The postgres version you are using is old, It looks like the support of Postgres 9.2 was ended in September 2017 [URL].

 

It is recommended that all users run the latest available minor release for whatever major version is in use.

Adventurer

Re: Cause of error [SQL STATE: XX000]PANIC: stuck spinlock (0x7fa36e621944) detected at bufmgr.c:124

Thanks, we know that this is a pretty old postgres version and we willing to upgrade it but there is some burocracy to complete to do it. 

I am not sure if you have understood that our postgres is located on a nfs filesystem, but it doesn't. PG is working on top of ext4 filesystem managed by drbd storage ( low-level replication storage). NFS is it just the target directory to save backups files so i am not sure what you think this error is related to nfs.  I have checked and there were no stopped process by kill or debugger .

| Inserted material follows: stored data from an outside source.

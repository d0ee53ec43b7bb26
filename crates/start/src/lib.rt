// What a caller begins with: a closed state. The empty row is `rows::empty_row`; a program that lends the
// front of nine slots begins with nine.
#![tactic(auto)]

ghost use Rattle.std.specs.Prelude.{◌≡◌};
ghost use Rattle.start.specs.Start.{closed_state, nine_free};

use context::Logs;
use possible::Hca;
use slots::{Slot, Status};

// Closed, with no counts and no length remembered; INIT_HCA sets both.
pub fn closed_state() -> Hca
    ensures { result ≡ closed_state }
{
    Hca {
        open: false,
        logs: Logs {
            qps: 0,
            cqs: 0,
            eqs: 0,
            mpts: 0,
        },
        store_len: 0,
    }
}

// Nine free slots.
pub fn nine_free() -> [Slot; 9]
    ensures { result ≡ nine_free }
{
    [Slot {
        status: Status::Free,
    }; 9]
}
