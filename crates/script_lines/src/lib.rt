// The numbers of a script's line.
#![tactic(auto)]

ghost use Rattle.std.specs.Prelude.{◌≡◌};
ghost use Rattle.script_lines.specs.Lines.{numbers_of};
ghost use Rattle.script_lines.specs.declared.LineError.TheVariants.{Io};

use std::io;

// Why a line was not run.
#[derive(Clone, Copy)]
pub enum LineError {
    // It is none of the format.
    Format,
    // Its answer could not be written.
    Io(io::Error),
}

impl From<io::Error> for LineError {
    ghost from_gives = { λ error made. made ≡ Io error };

    fn from(error: io::Error) -> LineError {
        LineError::Io(error)
    }
}

pub type LineResult<T> = Result<T, LineError>;

// Reads the words from `from` on as numbers, if there are `count` of them, eight at most, and each is
// one; behind them there are zeros.
pub fn numbers(line: &[u8], from: usize, count: usize) -> Option<[u32; 8]>
    ensures { result ≡ numbers_of line.now from count }
{
    let words = script_words::words(line);
    if words < from {
        return None;
    }
    if words - from != count {
        return None;
    }
    if 8 < count {
        return None;
    }
    let mut numbers = [0; 8];
    for i in 0..count {
        let word = script_words::word(line, from + i);
        numbers[i] = script_numbers::number(word, 0xffffffff)?;
    }
    Some(numbers)
}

Do you know what exactly means: "Prevent timeout interrupts from taking control away from mainline code unless ImmediateInterruptOK is set (Andres Freund, Tom Lane)

This is a serious issue for any application making use of statement timeouts, as it could cause all manner of strange failures after a timeout occurred. We have seen reports of "stuck" spinlocks, ERRORs being unexpectedly promoted to PANICs, unkillable backends, and other misbehaviors."  ?

 

Regards

 

EDB Team Member

Re: Cause of error [SQL STATE: XX000]PANIC: stuck spinlock (0x7fa36e621944) detected at bufmgr.c:124

Hi jsoler,

 

Please find an explanation for the statement.

 

If any transaction gets aborted, the transaction clean up won't occur properly, hence it stops the mainline code from completing the functionality.

So, the fixed is provided to protect again above explained scenario in cases where it ought to return to the mainline code, but allow it where there's an interruptible process happening.

The timeout can cause such scenarios (statement_timeout). Also, this might also be caused by lock_timeout.

 

Hope this clarifies the raised concerns.